-------- AVAILABLE DATA --------

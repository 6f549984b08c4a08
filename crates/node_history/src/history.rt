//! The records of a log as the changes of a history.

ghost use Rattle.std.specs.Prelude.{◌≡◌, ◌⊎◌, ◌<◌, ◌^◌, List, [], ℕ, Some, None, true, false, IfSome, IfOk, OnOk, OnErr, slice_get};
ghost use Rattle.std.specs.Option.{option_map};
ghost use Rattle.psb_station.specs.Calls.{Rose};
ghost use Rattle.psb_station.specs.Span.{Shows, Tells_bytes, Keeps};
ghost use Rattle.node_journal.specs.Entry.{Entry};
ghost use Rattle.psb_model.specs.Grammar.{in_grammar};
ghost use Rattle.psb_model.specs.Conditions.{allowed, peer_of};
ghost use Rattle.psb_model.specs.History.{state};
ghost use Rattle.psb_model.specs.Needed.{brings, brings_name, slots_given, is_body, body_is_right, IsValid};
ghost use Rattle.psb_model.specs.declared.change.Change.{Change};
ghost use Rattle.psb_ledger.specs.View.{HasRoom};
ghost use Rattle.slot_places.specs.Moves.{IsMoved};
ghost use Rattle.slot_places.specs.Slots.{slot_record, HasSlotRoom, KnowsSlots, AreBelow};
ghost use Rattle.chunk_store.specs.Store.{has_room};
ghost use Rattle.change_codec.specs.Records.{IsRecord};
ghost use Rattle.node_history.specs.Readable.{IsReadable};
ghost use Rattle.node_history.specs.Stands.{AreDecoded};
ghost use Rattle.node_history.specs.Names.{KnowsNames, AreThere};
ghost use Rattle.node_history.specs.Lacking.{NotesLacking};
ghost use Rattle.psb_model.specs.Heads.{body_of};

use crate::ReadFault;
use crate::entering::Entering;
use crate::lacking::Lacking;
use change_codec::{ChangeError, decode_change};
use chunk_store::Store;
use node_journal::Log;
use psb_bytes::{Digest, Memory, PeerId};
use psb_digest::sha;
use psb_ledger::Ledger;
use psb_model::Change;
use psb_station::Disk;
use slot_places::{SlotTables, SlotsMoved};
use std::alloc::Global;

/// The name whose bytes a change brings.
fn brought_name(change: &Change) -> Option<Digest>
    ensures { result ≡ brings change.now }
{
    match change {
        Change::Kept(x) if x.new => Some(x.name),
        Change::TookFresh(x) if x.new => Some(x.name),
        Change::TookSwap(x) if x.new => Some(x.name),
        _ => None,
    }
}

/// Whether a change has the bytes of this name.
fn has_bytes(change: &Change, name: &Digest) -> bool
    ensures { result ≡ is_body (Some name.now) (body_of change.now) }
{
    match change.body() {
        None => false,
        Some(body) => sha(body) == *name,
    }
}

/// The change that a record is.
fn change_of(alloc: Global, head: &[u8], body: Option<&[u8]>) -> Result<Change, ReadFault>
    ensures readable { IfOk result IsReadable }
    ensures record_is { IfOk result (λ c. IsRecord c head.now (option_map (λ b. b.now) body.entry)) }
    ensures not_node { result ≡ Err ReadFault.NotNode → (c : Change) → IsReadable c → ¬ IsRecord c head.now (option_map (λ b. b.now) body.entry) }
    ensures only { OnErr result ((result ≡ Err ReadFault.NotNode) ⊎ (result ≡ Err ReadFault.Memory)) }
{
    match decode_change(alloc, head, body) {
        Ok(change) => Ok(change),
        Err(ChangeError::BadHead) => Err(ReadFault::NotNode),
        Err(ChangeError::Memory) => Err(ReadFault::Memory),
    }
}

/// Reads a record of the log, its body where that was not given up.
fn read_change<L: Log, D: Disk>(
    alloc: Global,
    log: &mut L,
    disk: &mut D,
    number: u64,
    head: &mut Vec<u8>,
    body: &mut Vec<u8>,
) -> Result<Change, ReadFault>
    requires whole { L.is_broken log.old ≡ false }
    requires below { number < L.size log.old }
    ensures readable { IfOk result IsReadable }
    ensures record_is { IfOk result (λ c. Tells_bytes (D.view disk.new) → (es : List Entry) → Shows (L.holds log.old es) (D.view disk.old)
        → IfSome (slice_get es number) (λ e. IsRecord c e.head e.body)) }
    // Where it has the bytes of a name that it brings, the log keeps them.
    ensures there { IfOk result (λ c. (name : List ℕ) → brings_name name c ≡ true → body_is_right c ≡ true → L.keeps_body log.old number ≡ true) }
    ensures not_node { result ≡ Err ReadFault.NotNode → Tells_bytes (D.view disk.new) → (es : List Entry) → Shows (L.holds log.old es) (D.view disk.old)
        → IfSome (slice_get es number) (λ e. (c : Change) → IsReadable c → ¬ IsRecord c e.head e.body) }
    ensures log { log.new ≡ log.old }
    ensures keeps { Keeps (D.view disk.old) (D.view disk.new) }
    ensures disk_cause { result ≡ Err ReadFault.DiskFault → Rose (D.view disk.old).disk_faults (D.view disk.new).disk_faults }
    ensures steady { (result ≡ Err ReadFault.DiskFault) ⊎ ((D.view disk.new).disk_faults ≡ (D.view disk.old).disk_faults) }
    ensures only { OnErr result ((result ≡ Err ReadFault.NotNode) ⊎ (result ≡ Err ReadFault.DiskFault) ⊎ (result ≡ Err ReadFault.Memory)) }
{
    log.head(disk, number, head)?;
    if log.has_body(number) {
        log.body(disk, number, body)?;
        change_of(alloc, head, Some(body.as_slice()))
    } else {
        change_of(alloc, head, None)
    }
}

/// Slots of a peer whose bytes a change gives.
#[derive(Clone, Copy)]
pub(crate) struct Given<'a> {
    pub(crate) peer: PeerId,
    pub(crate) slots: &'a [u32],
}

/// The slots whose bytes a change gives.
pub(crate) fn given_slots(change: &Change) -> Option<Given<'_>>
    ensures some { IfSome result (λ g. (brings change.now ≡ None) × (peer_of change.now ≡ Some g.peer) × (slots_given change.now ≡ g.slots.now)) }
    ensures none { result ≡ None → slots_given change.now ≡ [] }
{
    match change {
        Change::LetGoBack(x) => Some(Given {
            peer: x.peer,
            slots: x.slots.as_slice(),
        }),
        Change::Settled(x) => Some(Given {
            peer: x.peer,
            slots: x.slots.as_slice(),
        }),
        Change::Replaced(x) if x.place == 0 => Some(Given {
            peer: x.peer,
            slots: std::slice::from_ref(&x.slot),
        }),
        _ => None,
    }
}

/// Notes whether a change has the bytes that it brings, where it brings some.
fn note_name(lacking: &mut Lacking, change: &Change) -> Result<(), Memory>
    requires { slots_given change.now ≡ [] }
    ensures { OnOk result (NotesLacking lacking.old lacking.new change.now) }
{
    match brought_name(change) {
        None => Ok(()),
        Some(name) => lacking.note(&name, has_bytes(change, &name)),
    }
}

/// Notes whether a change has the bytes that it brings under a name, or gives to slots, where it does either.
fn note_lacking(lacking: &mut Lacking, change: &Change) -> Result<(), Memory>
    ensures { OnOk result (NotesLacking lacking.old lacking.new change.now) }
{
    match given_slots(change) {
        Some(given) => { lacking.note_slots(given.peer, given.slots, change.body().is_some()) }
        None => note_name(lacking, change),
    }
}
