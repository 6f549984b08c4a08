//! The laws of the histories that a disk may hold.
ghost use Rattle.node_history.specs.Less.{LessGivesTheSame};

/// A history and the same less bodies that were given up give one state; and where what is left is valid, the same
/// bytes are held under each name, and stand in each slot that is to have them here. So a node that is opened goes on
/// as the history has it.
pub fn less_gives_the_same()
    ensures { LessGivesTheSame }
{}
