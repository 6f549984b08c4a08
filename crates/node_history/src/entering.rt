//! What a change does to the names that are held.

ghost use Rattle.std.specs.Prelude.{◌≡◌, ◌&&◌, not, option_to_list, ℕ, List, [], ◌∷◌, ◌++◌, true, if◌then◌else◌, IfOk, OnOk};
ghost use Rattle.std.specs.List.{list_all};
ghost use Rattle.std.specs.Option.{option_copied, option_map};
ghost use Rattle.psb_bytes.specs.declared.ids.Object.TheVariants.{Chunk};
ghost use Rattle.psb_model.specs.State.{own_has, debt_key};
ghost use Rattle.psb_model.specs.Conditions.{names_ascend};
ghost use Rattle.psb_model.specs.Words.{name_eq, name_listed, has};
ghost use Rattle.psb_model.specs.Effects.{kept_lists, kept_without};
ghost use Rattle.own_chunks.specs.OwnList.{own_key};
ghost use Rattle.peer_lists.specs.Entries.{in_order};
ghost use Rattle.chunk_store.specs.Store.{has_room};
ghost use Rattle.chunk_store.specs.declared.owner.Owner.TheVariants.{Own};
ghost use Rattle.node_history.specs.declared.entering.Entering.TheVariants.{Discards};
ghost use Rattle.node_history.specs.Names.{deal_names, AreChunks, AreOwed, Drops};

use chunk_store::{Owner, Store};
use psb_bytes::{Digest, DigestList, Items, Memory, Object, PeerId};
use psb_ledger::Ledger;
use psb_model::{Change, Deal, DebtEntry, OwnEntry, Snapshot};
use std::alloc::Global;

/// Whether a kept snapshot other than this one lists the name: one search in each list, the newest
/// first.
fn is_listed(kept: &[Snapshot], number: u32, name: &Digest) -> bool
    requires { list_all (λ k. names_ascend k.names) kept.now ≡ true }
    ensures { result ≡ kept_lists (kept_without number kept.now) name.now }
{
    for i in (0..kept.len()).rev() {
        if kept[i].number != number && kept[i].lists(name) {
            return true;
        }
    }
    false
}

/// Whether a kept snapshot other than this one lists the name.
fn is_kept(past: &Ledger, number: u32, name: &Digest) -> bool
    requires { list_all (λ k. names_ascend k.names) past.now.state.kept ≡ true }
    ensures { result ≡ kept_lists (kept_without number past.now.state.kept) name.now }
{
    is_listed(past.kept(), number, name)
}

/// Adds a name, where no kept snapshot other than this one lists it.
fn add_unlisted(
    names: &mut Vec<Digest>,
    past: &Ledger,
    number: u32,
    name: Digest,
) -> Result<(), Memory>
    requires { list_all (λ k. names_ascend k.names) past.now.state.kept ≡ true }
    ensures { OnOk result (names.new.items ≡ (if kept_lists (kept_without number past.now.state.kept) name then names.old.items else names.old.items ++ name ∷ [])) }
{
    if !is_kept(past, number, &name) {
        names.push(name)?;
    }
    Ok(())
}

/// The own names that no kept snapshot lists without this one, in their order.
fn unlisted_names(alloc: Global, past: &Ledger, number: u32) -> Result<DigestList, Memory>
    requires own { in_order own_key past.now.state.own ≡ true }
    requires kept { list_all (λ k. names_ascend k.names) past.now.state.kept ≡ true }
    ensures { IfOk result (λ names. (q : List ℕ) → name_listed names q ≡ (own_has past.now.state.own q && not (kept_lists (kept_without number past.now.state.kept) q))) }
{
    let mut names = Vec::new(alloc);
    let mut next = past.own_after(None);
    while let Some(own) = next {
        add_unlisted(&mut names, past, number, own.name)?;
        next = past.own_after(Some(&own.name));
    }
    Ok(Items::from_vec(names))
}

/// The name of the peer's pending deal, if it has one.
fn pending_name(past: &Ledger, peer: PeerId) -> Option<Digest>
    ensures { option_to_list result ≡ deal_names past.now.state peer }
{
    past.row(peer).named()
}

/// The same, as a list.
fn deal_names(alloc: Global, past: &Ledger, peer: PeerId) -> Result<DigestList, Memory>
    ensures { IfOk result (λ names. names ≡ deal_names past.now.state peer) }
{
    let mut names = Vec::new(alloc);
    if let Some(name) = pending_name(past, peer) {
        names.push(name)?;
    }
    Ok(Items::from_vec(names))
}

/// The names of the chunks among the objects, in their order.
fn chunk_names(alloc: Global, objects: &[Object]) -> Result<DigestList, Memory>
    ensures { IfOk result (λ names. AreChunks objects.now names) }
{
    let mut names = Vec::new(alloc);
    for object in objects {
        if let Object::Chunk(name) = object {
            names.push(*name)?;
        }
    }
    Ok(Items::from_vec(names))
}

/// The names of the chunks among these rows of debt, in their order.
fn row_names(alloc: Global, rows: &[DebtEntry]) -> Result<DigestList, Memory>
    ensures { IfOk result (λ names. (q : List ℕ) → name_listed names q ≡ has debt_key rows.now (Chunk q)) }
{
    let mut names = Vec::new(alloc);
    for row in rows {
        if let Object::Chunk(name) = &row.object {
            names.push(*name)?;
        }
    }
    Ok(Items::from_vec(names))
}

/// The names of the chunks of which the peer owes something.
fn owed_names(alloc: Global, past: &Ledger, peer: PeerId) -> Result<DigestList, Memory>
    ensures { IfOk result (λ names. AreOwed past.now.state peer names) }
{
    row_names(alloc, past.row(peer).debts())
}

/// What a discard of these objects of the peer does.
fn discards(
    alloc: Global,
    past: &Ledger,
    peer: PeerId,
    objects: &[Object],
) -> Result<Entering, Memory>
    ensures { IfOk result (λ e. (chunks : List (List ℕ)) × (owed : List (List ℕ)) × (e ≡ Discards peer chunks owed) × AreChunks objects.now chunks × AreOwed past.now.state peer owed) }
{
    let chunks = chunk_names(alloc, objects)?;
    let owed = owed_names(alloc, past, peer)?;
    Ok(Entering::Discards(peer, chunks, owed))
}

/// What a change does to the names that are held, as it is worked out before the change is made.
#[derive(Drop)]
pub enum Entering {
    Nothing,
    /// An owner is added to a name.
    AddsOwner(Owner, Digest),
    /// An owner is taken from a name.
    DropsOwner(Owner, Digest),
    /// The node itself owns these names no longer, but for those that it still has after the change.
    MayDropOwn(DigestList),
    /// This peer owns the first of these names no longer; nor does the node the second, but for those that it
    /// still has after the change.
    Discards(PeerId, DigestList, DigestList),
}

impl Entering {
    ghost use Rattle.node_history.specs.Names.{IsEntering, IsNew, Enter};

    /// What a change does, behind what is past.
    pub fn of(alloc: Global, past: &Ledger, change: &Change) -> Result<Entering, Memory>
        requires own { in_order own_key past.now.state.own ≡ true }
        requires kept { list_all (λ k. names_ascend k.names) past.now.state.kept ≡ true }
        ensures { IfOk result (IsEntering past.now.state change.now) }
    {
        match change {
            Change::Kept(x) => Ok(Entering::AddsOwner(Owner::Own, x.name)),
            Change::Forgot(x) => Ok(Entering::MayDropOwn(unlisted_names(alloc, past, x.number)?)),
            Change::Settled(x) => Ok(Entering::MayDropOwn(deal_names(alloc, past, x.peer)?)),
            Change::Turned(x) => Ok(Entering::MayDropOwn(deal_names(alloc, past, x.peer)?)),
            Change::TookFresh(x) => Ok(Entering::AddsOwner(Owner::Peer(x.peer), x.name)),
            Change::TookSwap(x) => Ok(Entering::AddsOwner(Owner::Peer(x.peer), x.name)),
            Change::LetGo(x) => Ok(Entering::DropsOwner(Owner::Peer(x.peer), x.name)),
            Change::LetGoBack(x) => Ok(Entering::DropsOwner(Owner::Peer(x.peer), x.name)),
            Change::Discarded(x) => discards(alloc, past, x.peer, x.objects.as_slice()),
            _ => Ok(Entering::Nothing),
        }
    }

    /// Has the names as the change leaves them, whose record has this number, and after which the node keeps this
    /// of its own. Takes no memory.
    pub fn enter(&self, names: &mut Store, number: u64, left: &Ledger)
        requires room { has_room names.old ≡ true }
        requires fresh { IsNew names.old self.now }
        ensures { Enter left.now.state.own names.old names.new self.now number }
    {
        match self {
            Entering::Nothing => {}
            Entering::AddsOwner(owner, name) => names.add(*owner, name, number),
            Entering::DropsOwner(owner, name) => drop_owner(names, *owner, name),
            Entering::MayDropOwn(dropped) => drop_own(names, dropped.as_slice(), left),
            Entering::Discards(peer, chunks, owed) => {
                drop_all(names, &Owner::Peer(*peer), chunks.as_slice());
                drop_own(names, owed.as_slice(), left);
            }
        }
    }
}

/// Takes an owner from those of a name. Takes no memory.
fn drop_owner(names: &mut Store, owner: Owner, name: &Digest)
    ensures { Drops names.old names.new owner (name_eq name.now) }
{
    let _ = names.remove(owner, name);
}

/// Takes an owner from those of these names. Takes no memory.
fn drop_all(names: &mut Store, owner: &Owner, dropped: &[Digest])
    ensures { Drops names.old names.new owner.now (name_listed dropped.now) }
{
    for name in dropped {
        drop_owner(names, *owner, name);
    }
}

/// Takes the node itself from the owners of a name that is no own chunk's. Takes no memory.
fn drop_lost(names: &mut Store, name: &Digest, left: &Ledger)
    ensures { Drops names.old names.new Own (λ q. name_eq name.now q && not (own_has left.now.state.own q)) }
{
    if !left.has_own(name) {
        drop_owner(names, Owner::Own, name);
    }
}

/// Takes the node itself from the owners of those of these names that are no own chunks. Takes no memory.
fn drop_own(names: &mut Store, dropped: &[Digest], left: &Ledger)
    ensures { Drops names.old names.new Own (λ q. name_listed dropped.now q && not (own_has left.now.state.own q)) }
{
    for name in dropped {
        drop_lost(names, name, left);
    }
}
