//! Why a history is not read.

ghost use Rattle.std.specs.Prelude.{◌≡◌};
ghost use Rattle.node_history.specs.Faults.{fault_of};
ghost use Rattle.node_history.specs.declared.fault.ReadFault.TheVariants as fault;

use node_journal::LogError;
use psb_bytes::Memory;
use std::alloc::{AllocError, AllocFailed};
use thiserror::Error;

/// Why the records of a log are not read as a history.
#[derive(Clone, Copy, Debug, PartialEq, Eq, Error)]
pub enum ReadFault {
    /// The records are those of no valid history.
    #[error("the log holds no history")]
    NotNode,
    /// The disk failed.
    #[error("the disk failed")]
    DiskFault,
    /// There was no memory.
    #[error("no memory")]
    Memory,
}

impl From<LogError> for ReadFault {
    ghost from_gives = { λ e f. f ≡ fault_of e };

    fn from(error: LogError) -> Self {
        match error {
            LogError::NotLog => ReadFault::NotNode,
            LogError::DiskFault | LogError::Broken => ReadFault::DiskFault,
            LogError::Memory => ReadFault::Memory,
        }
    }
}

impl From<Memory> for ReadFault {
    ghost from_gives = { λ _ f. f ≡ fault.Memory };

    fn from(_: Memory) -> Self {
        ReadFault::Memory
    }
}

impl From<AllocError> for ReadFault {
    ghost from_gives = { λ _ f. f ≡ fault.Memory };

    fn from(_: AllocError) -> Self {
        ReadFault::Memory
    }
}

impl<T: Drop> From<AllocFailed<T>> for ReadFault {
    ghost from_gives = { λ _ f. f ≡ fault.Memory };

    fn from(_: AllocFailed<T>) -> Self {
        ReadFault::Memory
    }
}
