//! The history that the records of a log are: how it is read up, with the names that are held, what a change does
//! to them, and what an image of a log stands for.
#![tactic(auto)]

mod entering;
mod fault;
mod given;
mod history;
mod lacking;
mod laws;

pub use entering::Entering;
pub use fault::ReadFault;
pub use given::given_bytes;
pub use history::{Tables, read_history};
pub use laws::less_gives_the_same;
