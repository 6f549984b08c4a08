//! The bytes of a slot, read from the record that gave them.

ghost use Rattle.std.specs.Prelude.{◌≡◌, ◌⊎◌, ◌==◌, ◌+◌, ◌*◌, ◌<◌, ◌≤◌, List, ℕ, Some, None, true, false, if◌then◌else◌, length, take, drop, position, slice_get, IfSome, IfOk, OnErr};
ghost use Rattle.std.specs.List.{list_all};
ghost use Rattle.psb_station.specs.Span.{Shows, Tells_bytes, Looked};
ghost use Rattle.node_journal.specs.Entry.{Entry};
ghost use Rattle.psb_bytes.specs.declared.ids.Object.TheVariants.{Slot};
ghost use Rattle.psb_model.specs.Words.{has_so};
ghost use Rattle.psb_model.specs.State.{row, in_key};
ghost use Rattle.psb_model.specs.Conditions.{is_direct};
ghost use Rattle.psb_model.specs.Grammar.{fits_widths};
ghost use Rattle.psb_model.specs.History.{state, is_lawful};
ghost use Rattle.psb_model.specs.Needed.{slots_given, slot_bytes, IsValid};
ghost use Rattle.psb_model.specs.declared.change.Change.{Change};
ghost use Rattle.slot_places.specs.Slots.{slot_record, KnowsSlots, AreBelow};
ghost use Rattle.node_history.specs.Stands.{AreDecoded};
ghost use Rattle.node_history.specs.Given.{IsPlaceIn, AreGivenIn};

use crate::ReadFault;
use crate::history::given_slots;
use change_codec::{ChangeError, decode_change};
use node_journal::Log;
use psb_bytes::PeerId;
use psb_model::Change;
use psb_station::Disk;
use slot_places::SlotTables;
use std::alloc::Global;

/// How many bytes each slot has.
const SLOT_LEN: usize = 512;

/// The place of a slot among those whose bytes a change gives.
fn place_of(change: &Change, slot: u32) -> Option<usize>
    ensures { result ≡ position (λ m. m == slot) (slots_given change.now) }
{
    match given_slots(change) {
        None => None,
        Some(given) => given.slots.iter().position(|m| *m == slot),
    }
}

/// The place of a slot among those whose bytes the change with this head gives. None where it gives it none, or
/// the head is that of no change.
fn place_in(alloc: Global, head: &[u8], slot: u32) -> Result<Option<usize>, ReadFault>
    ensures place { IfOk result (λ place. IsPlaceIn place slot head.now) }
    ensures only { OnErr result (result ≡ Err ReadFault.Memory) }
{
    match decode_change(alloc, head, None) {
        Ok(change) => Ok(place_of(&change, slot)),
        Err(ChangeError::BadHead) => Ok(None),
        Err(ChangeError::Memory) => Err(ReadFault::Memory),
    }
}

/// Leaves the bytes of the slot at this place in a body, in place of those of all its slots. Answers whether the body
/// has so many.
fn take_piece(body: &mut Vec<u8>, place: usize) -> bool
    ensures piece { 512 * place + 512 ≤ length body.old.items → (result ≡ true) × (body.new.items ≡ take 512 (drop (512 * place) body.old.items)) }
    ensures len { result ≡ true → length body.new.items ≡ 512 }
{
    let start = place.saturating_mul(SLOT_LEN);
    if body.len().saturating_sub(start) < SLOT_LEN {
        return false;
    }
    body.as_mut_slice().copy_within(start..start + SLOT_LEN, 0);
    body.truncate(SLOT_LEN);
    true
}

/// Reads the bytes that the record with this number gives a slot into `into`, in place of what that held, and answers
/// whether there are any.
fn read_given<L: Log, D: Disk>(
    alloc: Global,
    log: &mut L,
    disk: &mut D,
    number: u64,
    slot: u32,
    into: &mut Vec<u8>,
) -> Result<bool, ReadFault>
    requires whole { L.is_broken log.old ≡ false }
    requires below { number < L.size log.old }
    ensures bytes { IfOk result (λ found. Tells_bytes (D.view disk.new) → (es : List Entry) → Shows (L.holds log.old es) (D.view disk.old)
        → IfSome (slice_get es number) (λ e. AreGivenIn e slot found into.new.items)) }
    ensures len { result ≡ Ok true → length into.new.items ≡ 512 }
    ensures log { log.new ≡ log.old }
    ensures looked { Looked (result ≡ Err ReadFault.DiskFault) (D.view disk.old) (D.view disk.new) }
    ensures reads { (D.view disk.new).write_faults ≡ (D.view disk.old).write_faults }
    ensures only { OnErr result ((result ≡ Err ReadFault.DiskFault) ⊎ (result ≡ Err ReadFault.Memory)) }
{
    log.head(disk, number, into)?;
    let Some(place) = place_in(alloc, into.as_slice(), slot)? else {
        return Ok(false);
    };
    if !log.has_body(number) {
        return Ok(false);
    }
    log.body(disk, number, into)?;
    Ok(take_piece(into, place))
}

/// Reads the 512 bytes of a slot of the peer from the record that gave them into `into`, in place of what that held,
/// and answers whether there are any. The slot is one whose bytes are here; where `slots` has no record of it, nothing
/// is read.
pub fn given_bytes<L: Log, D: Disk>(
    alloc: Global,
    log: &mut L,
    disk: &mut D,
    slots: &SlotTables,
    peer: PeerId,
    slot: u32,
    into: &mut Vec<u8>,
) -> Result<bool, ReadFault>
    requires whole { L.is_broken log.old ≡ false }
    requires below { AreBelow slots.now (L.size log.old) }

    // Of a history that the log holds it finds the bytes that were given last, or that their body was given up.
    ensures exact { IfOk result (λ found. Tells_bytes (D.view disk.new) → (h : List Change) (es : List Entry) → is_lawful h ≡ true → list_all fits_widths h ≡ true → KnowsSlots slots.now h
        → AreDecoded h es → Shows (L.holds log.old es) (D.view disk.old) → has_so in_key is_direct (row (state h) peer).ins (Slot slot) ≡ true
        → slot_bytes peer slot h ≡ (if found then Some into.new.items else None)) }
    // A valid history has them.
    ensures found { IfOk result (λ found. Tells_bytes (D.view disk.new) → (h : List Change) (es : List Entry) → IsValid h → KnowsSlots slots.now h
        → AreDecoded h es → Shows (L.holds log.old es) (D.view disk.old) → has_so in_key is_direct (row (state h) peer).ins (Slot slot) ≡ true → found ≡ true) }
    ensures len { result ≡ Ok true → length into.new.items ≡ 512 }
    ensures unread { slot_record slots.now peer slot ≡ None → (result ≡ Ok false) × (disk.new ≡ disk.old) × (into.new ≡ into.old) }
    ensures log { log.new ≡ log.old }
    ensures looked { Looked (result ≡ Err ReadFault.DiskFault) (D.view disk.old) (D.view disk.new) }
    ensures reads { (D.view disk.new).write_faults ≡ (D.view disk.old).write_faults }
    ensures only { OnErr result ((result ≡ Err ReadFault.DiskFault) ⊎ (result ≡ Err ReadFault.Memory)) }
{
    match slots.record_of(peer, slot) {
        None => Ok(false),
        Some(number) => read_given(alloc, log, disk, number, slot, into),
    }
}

--------

_WHAT YOU WILL DO_
All lines above from the one with "log.body(disk, number, body)?;" to the one with "slots whose bytes a change gives.", inclusive, should be copied exactly, and no other lines.

_ANSWER TO THE PROBLEM_
        log.body(disk, number, body)?;
        change_of(alloc, head, Some(body.as_slice()))
    } else {
        change_of(alloc, head, None)
    }
}

/// Slots of a peer whose bytes a change gives.
#[derive(Clone, Copy)]
pub(crate) struct Given<'a> {
    pub(crate) peer: PeerId,
    pub(crate) slots: &'a [u32],
}

/// The slots whose bytes a change gives.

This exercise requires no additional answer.